Thursday, February 17, 2011

"Anthropologists Urged to Unite Behind Archaic Policies and Technology"

In Nature (Feb 10), Adam Kuper and Jonathan Marks published "Anthropologists Unite!" The tagline is: “Anthropology isn’t in the crisis that parts of the media would hav you believe, but it must do better, argue Adam Kuper and Jonathan Marks."


They talk about the AAA science flap and its fallout. Daniel Lende at Neuroanthropology has a very nice analysis of the piece. My only observation here is to point out two regressive aspects of Kuper and Marks's paper.
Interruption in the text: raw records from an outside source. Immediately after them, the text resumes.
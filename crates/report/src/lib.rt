//! The report of a run: a verdict for each fault, and the numbers above; its text both ways.
//!
//! Gives: `Report`, `FaultLines`, `HoldLines`, `Times`, `write_report`, `read_report`.
//! Proved: `write_report`: a report's one text, in all four versions; `read_report` exactly, texts one to one with reports; the type keeps what every
//! report is.
//! Tested: that it comes to these answers, by rows of `file_calls`.
//! Neither: time.
#![tactic(auto)]

mod counts;
mod fault_lines;
mod fault_words;
mod hold_lines;
mod laws;
mod lines;
mod models;
mod pieces;
mod reading;
mod reports;
mod times;
mod versions;
mod writing;

pub use counts::ReportCounts;
pub use fault_lines::{FaultLine, FaultLines};
pub use hold_lines::HoldLines;
pub use laws::texts_tell_reports;
pub use lines::share;
pub use models::FaultModel;
pub use pieces::{behind, is_word};
pub use reading::{ReportFault, asked_counts, fault_list, read_report};
pub use reports::Report;
pub use statement::Outcome;
pub use times::Times;
pub use writing::{push_counts, push_faults, push_share, write_report};
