// Points on the boundary of the allowed cells, pulled to the allowed side.
ghost use Rattle.std.specs.Prelude.{◌≡◌, ◌+◌, ◌*◌, ◌≤◌, length};
ghost use Rattle.loops.specs.Frame.{Only};
ghost use Rattle.setup.specs.Layout.{traced_from, guide_from};
ghost use Rattle.setup.specs.Place.{cells_of, allowed_at, Walls};
ghost use Rattle.links.specs.Path.{wall_in, Fitted};
ghost use Rattle.workspace.specs.Lies.{traced_in};
ghost use Rattle.tracing.specs.Ring.{around_of, look_round, nudged_by, nudge_put, nudge_all};

use geom::points::put;
use geom::region::vertex;
use geom::vec2::Vec2;
use numbers::cast::float_of;
use numbers::circle::TAU;
use setup::place::allowed_at;
use setup::{Setup, layout};

// Point k of sixteen round q, at r quarters of a cell.
fn around(cell: f64, q: Vec2, r: usize, k: usize) -> Vec2
    ensures { result ≡ around_of cell q r k }
{
    let rr = float_of(r) * 0.25 * cell;
    q.add(Vec2::from_angle(TAU * float_of(k) / 16.0).scale(rr))
}

// The first of the sixteen that is allowed.
fn look_round(s: Setup, wall: &[f64], vs: &[f64], lens: &[u32], q: Vec2, r: usize) -> Option<Vec2>
    requires { Walls s wall.now vs.now lens.now }
    ensures { result ≡ look_round (allowed_at s wall.now vs.now lens.now) s.grid.cell q r }
{
    let g = s.grid;
    for k in 0..16 {
        let p = around(g.cell, q, r, k);
        if allowed_at(&s, wall, vs, lens, p) {
            return Some(p);
        }
    }
    None
}

// q where it is allowed; else the first place that is found, up to two cells away; else q.
pub fn nudge_inside(s: Setup, wall: &[f64], vs: &[f64], lens: &[u32], q: Vec2) -> Vec2
    requires { Walls s wall.now vs.now lens.now }
    ensures { result ≡ nudged_by s wall.now vs.now lens.now q }
{
    if allowed_at(&s, wall, vs, lens, q) {
        return q;
    }
    for r in 1..9 {
        let n = look_round(s, wall, vs, lens, q, r);
        if let Some(p) = n {
            return p;
        }
    }
    q
}

// Pulls in point k of those that were traced.
fn nudge_at(s: Setup, vs: &[f64], lens: &[u32], w: &mut [f64], k: usize)
    requires walls { Walls s (wall_in s w.old) vs.now lens.now }
    requires s_in_bounds { 32 * cells_of s ≤ length w.old }
    requires k_bound { k + 1 ≤ 2 * cells_of s }
    ensures w_after { traced_in (cells_of s) w.new ≡ nudge_put (nudged_by s (wall_in s w.old) vs.now lens.now) k (traced_in (cells_of s) w.old) }
    ensures only { Only (traced_from (cells_of s)) (guide_from (cells_of s)) w.old w.new }
{
    let n = layout::cells(s.grid);
    let traced = layout::traced(n);
    let guide = layout::guide(n);
    let q = vertex(&w[traced..guide], k);
    let p = nudge_inside(s, &w[0..n], vs, lens, q);
    put(&mut w[traced..guide], k, p);
}

// Pulls in the first m points.
pub fn nudge_all(s: Setup, vs: &[f64], lens: &[u32], w: &mut [f64], m: usize)
    requires walls { Walls s (wall_in s w.old) vs.now lens.now }
    requires s_in_bounds { 32 * cells_of s ≤ length w.old }
    requires m_bound { m ≤ 2 * cells_of s }
    ensures w_after { traced_in (cells_of s) w.new ≡ nudge_all (nudged_by s (wall_in s w.old) vs.now lens.now) m (traced_in (cells_of s) w.old) }
    ensures only { Only (traced_from (cells_of s)) (guide_from (cells_of s)) w.old w.new }
{
    for k in 0..m {
        nudge_at(s, vs, lens, w, k);
    }
}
(1) They really have no clue about anthropological blogs and their actual and potential value to the discipline. They seem to think that bloggers mostly wait for the seeds of a controversy to appear, and then fan the fires and make a lot of noise to obscure the issues (this is what the AAA president also claimed). Many of us think that there is some real intellectual and professional work going on in the anthropological blogosphere. But when "mainstream" anthropologists take a look, they often seem dazed and confused. For another example, take a look at David Price's paper on anthropological blogs in American Anthropologist -- it is really clueless about what blogs are and what they do (Price, David H. 2010  Blogging Anthropology: Savage Minds, Zero Anthropology, and AAA Blogs. American Anthropologist 112:140-142_). Well, maybe you can access AA and maybe not. And this brings me to my second point.

(2) The Nature paper will cost readers $32.00 to purchase, unless one has an individual or institutional subscription. So not only do Kuper and Marks have some regressive ideas about anthropology, but their choice of outlet was regressive in terms of open access; they chose, instead, to publish in a closed, commercial venue.
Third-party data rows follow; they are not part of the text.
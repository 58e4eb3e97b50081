// The ring along the boundary of where the tool may go.
ghost use Rattle.std.specs.Prelude.{◌*◌, ◌≤◌, ◌≡◌, length};
ghost use Rattle.distance.specs.Nearest.{listed};
ghost use Rattle.setup.specs.Layout.{most, allowed_in, put_run};
ghost use Rattle.setup.specs.Place.{cells_of};
ghost use Rattle.field.specs.Field.{ring_at};
ghost use Rattle.workspace.specs.Standing.{Standing};
ghost use Rattle.tracing.specs.Ring.{TracedRing};

use super::curves::trace;
use super::nudge::nudge_all;
use setup::{Setup, layout};

// 0 where the tool may go, else 1, in the ring's region.
fn lay_ring(n: usize, b: &[u8], f: &mut [f32])
    requires n_le_most { n ≤ most }
    requires n_in_bounds { 8 * n ≤ length b.now }
    requires n_in_bounds_2 { 2 * n ≤ length f.old }
    ensures { f.new ≡ put_run 1 n (listed n (ring_at (allowed_in n b.now))) f.old }
{
    let a = layout::allowed(n);
    let r = layout::ring(n);
    field::round::ring(&b[a..a + n], &mut f[r..r + n]);
}

// Traces the ring and pulls its points in; how many pieces there are.
pub fn trace_ring(
    s: Setup,
    vs: &[f64],
    lens: &[u32],
    b: &mut [u8],
    u: &mut [u32],
    f: &mut [f32],
    w: &mut [f64],
) -> usize
    requires standing { Standing s vs.now lens.now b.old u.old w.old }
    requires s_in_bounds { 2 * cells_of s ≤ length f.old }
    ensures { TracedRing s vs.now lens.now b.old u.old f.old w.old result b.new u.new f.new w.new }
{
    let g = s.grid;
    let n = layout::cells(g);
    let r = layout::ring(n);
    lay_ring(n, b, f);
    let c = trace(g, &f[r..r + n], 0.5, b, u, w);
    nudge_all(s, vs, lens, w, c.points);
    c.pieces
}
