// What a round traces: the field over the distance to stock, its curves at twice the target, smoothed.
ghost use Rattle.std.specs.Prelude.{◌≡◌, ◌*◌, ◌≤◌, length};
ghost use Rattle.raster.specs.Grid.{Sides};
ghost use Rattle.setup.specs.Layout.{run};
ghost use Rattle.setup.specs.Place.{cells_of};
ghost use Rattle.field.specs.Round.{Ready};
ghost use Rattle.workspace.specs.Lies.{Lies};
ghost use Rattle.tracing.specs.Curves.{Room, Beside};
ghost use Rattle.tracing.specs.Round.{level_of, curves_of, TracedRound};

use super::curves::{smooth, trace};
use setup::{Setup, layout};

// How many pieces there are, and the work of the field.
#[derive(Clone, Copy)]
pub struct Traced {
    pub pieces: usize,
    pub work: usize,
}

// The level that passes are traced at.
fn level(s: Setup) -> f32
    ensures { result ≡ level_of s }
{
    numbers::narrow::narrow(2.0 * s.target)
}

// The curves of the field, smoothed; how many pieces there are.
fn curves(s: Setup, f: &[f32], b: &mut [u8], u: &mut [u32], w: &mut [f64]) -> usize
    requires sides { Sides s.grid }
    requires room { Room (cells_of s) b.old u.old w.old }
    requires s_in_bounds { cells_of s ≤ length f.now }
    ensures lies { Lies (cells_of s) (curves_of s (run 0 (cells_of s) f.now)) result u.new w.new }
    ensures beside { Beside (cells_of s) b.old u.old w.old b.new u.new w.new }
{
    let g = s.grid;
    let n = layout::cells(g);
    let c = trace(g, &f[0..n], level(s), b, u, w);
    let m = c.pieces;
    smooth(n, m, g.cell, u, w);
    m
}

// The whole.
pub fn trace_round(
    s: Setup,
    all: bool,
    b: &mut [u8],
    u: &mut [u32],
    f: &mut [f32],
    w: &mut [f64],
) -> Traced
    requires { Ready s b.old u.old w.old f.old }
    ensures { TracedRound s all b.old u.old f.old w.old result b.new u.new f.new w.new }
{
    let sampled = field::round::field(s, all, b, u, w, f);
    let pieces = curves(s, f, b, u, w);
    Traced {
        pieces,
        work: sampled * s.samples,
    }
}
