// The curves of a round: those of the engagement field, smoothed, and the ring along the boundary of where
// the tool may go, pulled to its allowed side.
#![tactic(auto)]

pub mod curves;
pub mod nudge;
pub mod ring;
pub mod round;
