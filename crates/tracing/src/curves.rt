// The curves of a field in the workspace: its pieces' rows and points, and their smoothing.
ghost use Rattle.std.specs.Prelude.{◌≡◌, map, ◌+◌, ◌*◌, ◌≤◌, length};
ghost use Rattle.loops.specs.Frame.{Only};
ghost use Rattle.raster.specs.Grid.{Over};
ghost use Rattle.setup.specs.Layout.{most, rows_from, log_from, traced_from, guide_from};
ghost use Rattle.pieces.specs.Piece.{Laid};
ghost use Rattle.contours.specs.Curve.{contours_of};
ghost use Rattle.smoothing.specs.Smooth.{smoothed};
ghost use Rattle.workspace.specs.Lies.{rows_in, traced_in, pieces_in, Lying, Lies};
ghost use Rattle.tracing.specs.Curves.{Room, Laying, Beside};

use pieces::row::Count;
use raster::grid::Grid;
use setup::layout;

// Traces the curves where f crosses the level.
pub fn trace(g: Grid, f: &[f32], level: f32, b: &mut [u8], u: &mut [u32], w: &mut [f64]) -> Count
    requires over { Over g (length f.now) }
    requires room { Room (g.ny * g.nx) b.old u.old w.old }
    ensures laying { Laying (g.ny * g.nx) (contours_of g f.now level) result.pieces result.points u.new w.new }
    ensures beside { Beside (g.ny * g.nx) b.old u.old w.old b.new u.new w.new }
{
    let n = layout::cells(g);
    let segments = layout::segments(n);
    let log = layout::log(n);
    let marks = layout::marks(n);
    let traced = layout::traced(n);
    let guide = layout::guide(n);
    contours::trace::contours(
        g,
        f,
        level,
        &mut u[segments..log],
        &mut b[marks..marks + 2 * n],
        &mut w[traced..guide],
    )
}

// Smooths the pieces of the first m rows.
pub fn smooth(n: usize, m: usize, cell: f64, u: &mut [u32], w: &mut [f64])
    requires n_le_most { n ≤ most }
    requires n_in_bounds { 32 * n + 8192 ≤ length u.old }
    requires n_in_bounds_2 { 32 * n + 8192 ≤ length w.old }
    requires lying { Lying n m u.old }
    requires laid { Laid m (rows_in n u.old) (traced_in n w.old) }
    ensures lies { Lies n (map (smoothed cell) (pieces_in n m u.old w.old)) m u.new w.new }
    ensures only { Only (rows_from n) (log_from n) u.old u.new }
    ensures only_2 { Only (traced_from n) (guide_from n) w.old w.new }
{
    let rows = workspace::places::rows(n);
    let log = layout::log(n);
    let traced = layout::traced(n);
    let guide = layout::guide(n);
    smoothing::smooth::smooth_all(&mut u[rows..log], &mut w[traced..guide], m, cell);
}
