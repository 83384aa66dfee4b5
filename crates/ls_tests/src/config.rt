//! Each call once with ample memory; `ls_tables` has the table of items files.
use ls_config::*;
use ls_value::{NoMemory, same_bytes};
use std::alloc::Global;

/// Whether an items file is read, and its items are found.
fn reads(alloc: Global) -> bool {
    match read(alloc, b"set s\nb MERGE x\na COMMAND key,command\n") {
        Ok(config) => {
            same_bytes(config.set.as_bytes(), b"s")
                && config.items.len() == 2
                && config.find(b"a") == Some(1)
                && config.find(b"x").is_none()
        }
        Err(_) => false,
    }
}

#[test]
fn an_items_file_is_read(rt: HostRuntime) {
    assert!(rt; reads(rt.alloc()));
}

/// Whether two names are declared and found.
fn declares(alloc: Global) -> Result<bool, NoMemory> {
    let mut names = Declared::new(alloc);
    names.add(b"b")?;
    if names.find(b"a").is_some() {
        return Ok(false);
    }
    names.add(b"a")?;
    Ok(names.find(b"b") == Some(0) && names.find(b"a") == Some(1) && names.len() == 2)
}

#[test]
fn names_are_declared(rt: HostRuntime) -> Result<(), NoMemory> {
    assert!(rt; declares(rt.alloc())?);
    Ok(())
}

/// Adds an item of this name, and answers whether it is new.
fn is_added(alloc: Global, items: &mut Items, name: &[u8]) -> Result<bool, NoMemory> {
    match item_said(alloc, name, b"MERGE", b"x")? {
        Some(item) => items.add(item),
        None => Ok(false),
    }
}

/// Whether an item is added once.
fn adds(alloc: Global) -> Result<bool, NoMemory> {
    let mut items = Items::new(alloc);
    let first = is_added(alloc, &mut items, b"b")?;
    let again = is_added(alloc, &mut items, b"b")?;
    let second = is_added(alloc, &mut items, b"B")?;
    Ok(first && !again && second && items.find(b"B") == Some(1) && items.len() == 2)
}

#[test]
fn items_are_added_once(rt: HostRuntime) -> Result<(), NoMemory> {
    assert!(rt; adds(rt.alloc())?);
    Ok(())
}
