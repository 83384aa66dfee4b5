//! Lines that are cut out of pieces: what no contract says is that the calls succeed with ample memory.
use ls_lines::{LineCutter, LineRefused};
use ls_value::{NoMemory, same_bytes};
use std::alloc::{AllocError, Global};

/// A line with a bar behind it, behind a text.
fn add(said: &mut Vec<u8>, line: &[u8]) -> Result<(), AllocError> {
    said.extend_from_slice(line)?;
    said.push(b'|')?;
    Ok(())
}

/// What one byte more makes of a text: a line that it ends, or a mark where the line is too long.
fn take_byte(cutter: &mut LineCutter, said: &mut Vec<u8>, byte: &[u8]) -> Result<(), NoMemory> {
    match cutter.take(byte) {
        Ok(Some(used)) => add(said, cutter.line(byte, used))?,
        Ok(None) => {}
        Err(LineRefused::TooLong) => said.push(b'!')?,
        Err(LineRefused::NoMemory) => return Err(NoMemory),
    }
    Ok(())
}

/// The lines of a text that comes byte by byte, each with a bar behind it, and then the rest.
fn cut(alloc: Global, text: &[u8], limit: usize) -> Result<Vec<u8>, NoMemory> {
    let mut cutter = LineCutter::new(alloc, limit);
    let mut said = Vec::new(alloc);
    for i in 0..text.len() {
        take_byte(&mut cutter, &mut said, &text[i..i + 1])?;
    }
    said.extend_from_slice(cutter.rest())?;
    Ok(said)
}

/// Whether a text that comes byte by byte is cut so.
fn cuts(alloc: Global, text: &[u8], limit: usize, wanted: &[u8]) -> Result<bool, NoMemory> {
    let said = cut(alloc, text, limit)?;
    Ok(same_bytes(&said, wanted))
}

#[test]
fn lines_are_cut_byte_by_byte(rt: HostRuntime) -> Result<(), NoMemory> {
    assert!(rt; cuts(rt.alloc(), b"ab\ncde\n\nf", 16, b"ab|cde||f")?);
    assert!(rt; cuts(rt.alloc(), b"", 16, b"")?);
    assert!(rt; cuts(rt.alloc(), b"abc\nab\n", 2, b"!ab|ab|")?);
    Ok(())
}

/// Whether a piece is taken up to the end of its first line, which is this.
fn takes_one(cutter: &mut LineCutter, piece: &[u8], line: &[u8]) -> bool {
    match cutter.take(piece) {
        Ok(Some(used)) => used == 3 && same_bytes(cutter.line(piece, used), line),
        _ => false,
    }
}

#[test]
fn a_piece_is_taken_up_to_the_end_of_a_line(rt: HostRuntime) -> Result<(), NoMemory> {
    let mut cutter = LineCutter::new(rt.alloc(), 4);
    assert!(rt; cutter.take(b"ab") == Ok(None));
    assert!(rt; takes_one(&mut cutter, b"cd\nef\n", b"abcd"));
    assert!(rt; takes_one(&mut cutter, b"ef\n", b"ef"));
    assert!(rt; cutter.take(b"abcde") == Err(LineRefused::TooLong));
    Ok(())
}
 It might be a good thing if anthropologists were to unite intellectually (I'm not going to hold my breath, though), but it would NOT be a good thing if they were to unite in support of commercial, limited publication and in support of clueless ideas about anthropology blogs.

3 comments:

FrostQueen said...

Academic Anthropology departments all over are suffering horribly; the discipline in general is in crisis. No one even knows what anthropology is… hell when I was a professional archaeologist people thought I dug up dinosaurs! Maybe that’s the big problem, most anthropologist are publishing in venues that no one (not just professionals, but the public as well) can afford or for that matter even what to pay for? I also see documentaries that are ‘blatantly’ focused on anthropology, but never even mention anthropology or even that the ‘authorities’ are anthropologist! I suspect that this problem is linked to copyrights in publications.
In my field, archaeology, the vast majority of us don't even publish and when we do its either court suppressed or in 'grey' literature where only other archaeologist look (or can look, a lot of it is for archaeologist eyes only). Now we are all wondering why anthropology is invisible to the public and are expendable as a discipline in colleges and universities budgets. Makes you wonder if we are committing academic suicide!

Ryan Anderson said...

Exactly. It's incredibly ironic how easily certain technologies are dismissed, and how behind the times certain folks are sounding. The basic argument is for anthros to unite behind the past and ignore changes in the present. Funny, considering how much we are all supposedly interested in studying social change!!!

Michael E. Smith said...

Frost and Ryan- Great comments. Yes, it does often seem that anthropology likes to shoot itself in the foot!